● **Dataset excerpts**

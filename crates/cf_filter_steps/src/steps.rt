//! What the calls of a filter are made of.

ghost use Rattle.std.specs.Prelude.{◌≡◌, IfOk, OnOk, Ok};
ghost use Rattle.cf_model.specs.Arrows.{noted, one, unit};
ghost use Rattle.cf_model.specs.Asks.{downed};
ghost use Rattle.cf_model.specs.Calls.{count_now, next_handle, with_handle, with_policy};
ghost use Rattle.cf_model.specs.Books.{Book, with_access};
ghost use Rattle.cf_model.specs.Changes.{change as one_change, change_with};
ghost use Rattle.cf_model.specs.Dehydration.{is_connected};
ghost use Rattle.cf_model.specs.Items.{Item};
ghost use Rattle.cf_model.specs.Operations.{as_it_is, changes_with};
ghost use Rattle.cf_model.specs.Points.{commit};
ghost use Rattle.cf_model.specs.Requests.{Waiting};
ghost use Rattle.cf_model.specs.Settling.{accessed, end_wait, with_waiting};
ghost use Rattle.cf_model.specs.State.{Filter, in_volume};
ghost use Rattle.cf_model.specs.Waits.{accessed_now, is_met_now, with_time, without_handle};
ghost use Rattle.cf_waits.specs.Steps.{IsPlanned, carried, moved_of};
ghost use Rattle.cf_filter_steps.specs.Answering.{Answers, Any, Reads, Sense};
ghost use Rattle.cf_filter_steps.specs.Finding.{HasRows};
ghost use Rattle.cf_filter_steps.specs.Listing.{Listing, ReadyListed, room_listed};
ghost use Rattle.cf_filter_steps.specs.Needing.{IsMet, MayOpen, MayOpenFile, MayAnswer, Starts, end_told, meant, with_link};
ghost use Rattle.cf_filter_steps.specs.Putting.{IsFile, IsHere, MayGo, ReadyOn, bytes_there, removed};
ghost use Rattle.cf_filter_steps.specs.Readings.{has_handle, has_unlisted, is_idle, last_access, next_place, open_refusal, opened_item, policy_of, room_of, used_blocks, waiting_of, whether, with_asks};
ghost use Rattle.cf_filter_steps.specs.Settled.{IsEndOnFile};
ghost use Rattle.cf_filter_steps.specs.Suiting.{Ready, Suiting};
ghost use Rattle.cf_table.specs.Tables.{Table};

use crate::needs::Need;
use crate::rooms::Room;
use cf_ask_rule::Wait;
use cf_base::{
    Ask, AuxRecord, Blob, CallError, Cause, Change, Code, End, Handle, ItemId, Key, OutOfMemory,
    Policy, Span, Usn, WaitId,
};
use cf_table::Rows;
use cf_waits::{Moves, Requests, Step};
use std::alloc::Global;

/// What the calls of a filter act on: one step of it a method. A step meets Device only where a call of the device failed since
/// it began. After a step that met Device or found no memory no other is made.
pub trait Steps {
    /// How it stands for the states of a filter.
    ghost sense: { Sense Self };

    /// The volume's rows, and the id that the next item gets.
    ghost table: { Self → Table };

    /// What waits, and what is asked.
    ghost waiting: { Self → Waiting };

    /// What calls take memory from.
    fn alloc(&self) -> Global;

    /// The volume's rows as they are now.
    fn rows(&self) -> &Rows
        ensures value { result.now ≡ table self.now }
        ensures means { HasRows sense self.now result.now };

    /// The waits and asks as they are now.
    fn requests(&self) -> &Requests
        ensures value { result.now ≡ waiting self.now }
        ensures means { Reads sense Any waiting_of self.now result.now };

    /// The policy that stands.
    fn policy(&self) -> Policy
        ensures { Reads sense Any policy_of self.now result };

    /// Whether a provider is connected.
    fn is_connected(&self) -> bool
        ensures { Reads sense Any is_connected self.now result };

    /// The file of an open handle.
    fn opened(&self, handle: Handle) -> Option<ItemId>
        ensures { Reads sense Any (opened_item handle) self.now result };

    /// Whether a handle is open on the item.
    fn is_open(&self, item: ItemId) -> bool
        ensures { Reads sense Any (has_handle item) self.now result };

    /// Why no file can be opened now: TooManyHandles, Exhausted.
    fn refuse_open(&self) -> Option<Code>
        ensures { Reads sense Any open_refusal self.now result };

    /// The number that the next change gets, where a place is left in the epoch.
    fn next_number(&self) -> Option<Usn>
        ensures { Reads sense Any next_place self.now result };

    /// Whether changes that suit find no room.
    fn room(&self, changes: &[Change]) -> Result<Room, OutOfMemory>
        ensures { IfOk result (λ room. Reads sense (Suiting changes.now) (room_of changes.now) self.now room) };

    /// Makes a change that suits and finds room, and tells it. The change goes into its notice, so no byte of it is copied.
    fn change(&mut self, change: Change) -> Result<(), CallError>
        ensures does { Answers sense (Ready change) (one_change change) self.old result self.new }
        ensures same { OnOk result (waiting self.new ≡ waiting self.old) };

    /// Makes a write or a size of a file, which suits and finds room, and tells it. It is an access too. The change goes into its notice,
    /// as that of `change`.
    fn put(&mut self, item: ItemId, change: Change) -> Result<(), CallError>
        ensures does { Answers sense (ReadyOn item change) (change_with (with_access item) change) self.old result self.new }
        ensures same { OnOk result (waiting self.new ≡ waiting self.old) };

    /// A file is accessed now.
    fn touch(&mut self, item: ItemId) -> Result<(), CallError>
        ensures { Answers sense (IsFile item) (noted (accessed item)) self.old result self.new };

    /// Removes an item that has no child, that no handle is open on and no wait names, and tells it. With `bury` it leaves a tombstone in
    /// the same step, where its identity names a target.
    fn remove(&mut self, item: ItemId, bury: bool) -> Result<(), CallError>
        ensures does { (i : Item) → Answers sense (MayGo item i) (removed bury i) self.old result self.new }
        ensures same { OnOk result (waiting self.new ≡ waiting self.old) };

    /// Reads bytes that are here, as a step. Bytes past the size are none.
    fn retrieve(&mut self, item: ItemId, span: Span) -> Result<Blob, CallError>
        ensures does { Answers sense (IsHere item span) (one as_it_is) self.old (whether result) self.new }
        ensures tells { IfOk result (λ b. Reads sense (IsHere item span) (bytes_there item span) self.old b) }
        ensures same { OnOk result (waiting self.new ≡ waiting self.old) };

    /// Whether a list of entries of a directory finds no room, with these records beside the last of its changes.
    fn room_listed(
        &self,
        dir: ItemId,
        changes: &[Change],
        records: &[AuxRecord],
    ) -> Result<Room, OutOfMemory>
        ensures { IfOk result (λ room. (f : Book → Book) → Reads sense (Listing f dir changes.now records.now) (room_listed f changes.now) self.now room) };

    /// Makes the changes of a list of entries that finds room, and tells them. The records come with the last of them.
    fn enter(
        &mut self,
        dir: ItemId,
        changes: &[Change],
        records: &[AuxRecord],
    ) -> Result<(), CallError>
        ensures does { (f : Book → Book) → Answers sense (ReadyListed f dir changes.now records.now) (changes_with f changes.now) self.old result self.new }
        ensures same { OnOk result (waiting self.new ≡ waiting self.old) };

    /// So many ticks pass, for the clock and for each ask.
    fn pass(&mut self, ticks: u32) -> Result<(), CallError>
        ensures { Answers sense Any (noted (with_time ticks)) self.old result self.new };

    /// Does a step of the ask rule that was worked out for what waits and is asked now, but for what it tells.
    fn take(&mut self, step: Step) -> Result<Moves, CallError>
        requires { IsPlanned step (waiting self.old) }
        ensures does { Answers sense Any (noted (with_waiting (carried step (waiting self.old)).1)) self.old (whether result) self.new }
        ensures moves { IfOk result (λ m. m ≡ moved_of None (carried step (waiting self.old)).0) };

    /// Whether nothing is missing that the call needs.
    fn is_met(&self, need: &Need) -> Result<bool, OutOfMemory>
        ensures { IfOk result (λ met. Reads sense Any (is_met_now (meant need.now)) self.now met) };

    /// Answers a call that misses nothing. A read is of a file; it reads the device, and is an access.
    fn answer(&mut self, need: &Need) -> Result<End, CallError>
        ensures does { Answers sense (MayAnswer (meant need.now)) (one (accessed_now (meant need.now))) self.old (whether result) self.new }
        ensures tells { IfOk result (λ end. Reads sense (IsMet (meant need.now)) (end_told (meant need.now)) self.old end) };

    /// Begins a wait, of a read on a file, and one for the rest of the file beside it where that is wanted and none is live.
    /// Gives its number, and what the step on the item tells. Refused by the limits of its kind: TooManyWaits, TooManyAsks, Exhausted; a wait
    /// for consent to a dehydration as Exhausted alone.
    fn start(&mut self, need: &Need) -> Result<(WaitId, Moves), CallError>
        ensures { Starts sense (meant need.now) self.old result self.new };

    /// Opens a file, where one more handle may be open.
    fn open(&mut self, item: ItemId) -> Result<Handle, CallError>
        ensures does { Answers sense (MayOpenFile item) (noted (with_handle item)) self.old (whether result) self.new }
        ensures tells { IfOk result (λ h. Reads sense MayOpen next_handle self.old h) };

    /// The handle is open no more.
    fn forget(&mut self, handle: Handle)
        ensures { Answers sense Any (noted (without_handle handle)) self.old (Ok unit) self.new };

    /// This policy stands from now on.
    fn set_policy(&mut self, policy: Policy)
        ensures { Answers sense Any (noted (with_policy policy)) self.old (Ok unit) self.new };

    /// A provider is there, or none.
    fn set_connected(&mut self, on: bool)
        ensures { Answers sense Any (noted (with_link on)) self.old (Ok unit) self.new };

    /// All waits end, and all asks without a line, but for what that tells.
    fn take_down(&mut self) -> Result<Moves, CallError>
        ensures does { Answers sense Any (noted (with_waiting (downed (waiting self.old)).1)) self.old (whether result) self.new }
        ensures moves { IfOk result (λ m. m ≡ moved_of None (downed (waiting self.old)).0) };

    /// Whether nothing is open and nothing waits.
    fn is_idle(&self) -> bool
        ensures { Reads sense Any is_idle self.now result };

    /// Whether the entries of a directory are not known.
    fn has_unlisted(&self) -> bool
        ensures { Reads sense Any has_unlisted self.now result };

    /// The clock of a file's last access, 0 of none.
    fn last_access(&self, item: ItemId) -> u64
        ensures { Reads sense Any (last_access item) self.now result };

    /// The blocks that are used, and those that there are.
    fn used_blocks(&self) -> (u32, u32)
        ensures { Reads sense Any used_blocks self.now result };

    /// Commits all that was done.
    fn commit(&mut self) -> Result<(), CallError>
        ensures { Answers sense Any (in_volume commit) self.old result self.new };

    /// How many changes there are.
    fn count(&self) -> u64
        ensures { Reads sense Any count_now self.now result };

    /// Tells how a wait ended, which is on a file where it reads.
    fn end_wait(&mut self, ended: &(Wait, Cause)) -> Result<(), CallError>
        ensures { Answers sense (IsEndOnFile ended.now) (end_wait ended.now) self.old result self.new };

    /// Tells which asks were cancelled, and which were made. Their callbacks are still to be called.
    fn tell_asks(&mut self, cancelled: &[Key], asks: &[Ask]) -> Result<(), CallError>
        ensures { Answers sense Any (noted (with_asks cancelled.now asks.now)) self.old result self.new };

    /// What waits and is asked is known.
    ghost waits: { (x : Self) (s : Filter) → sense.means x s → waiting x ≡ s.waiting };
}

● **WORK ORDER**
Within the records above, count the lines that contain "notice" and give the number with nothing added.

● **ANSWER SPACE**
2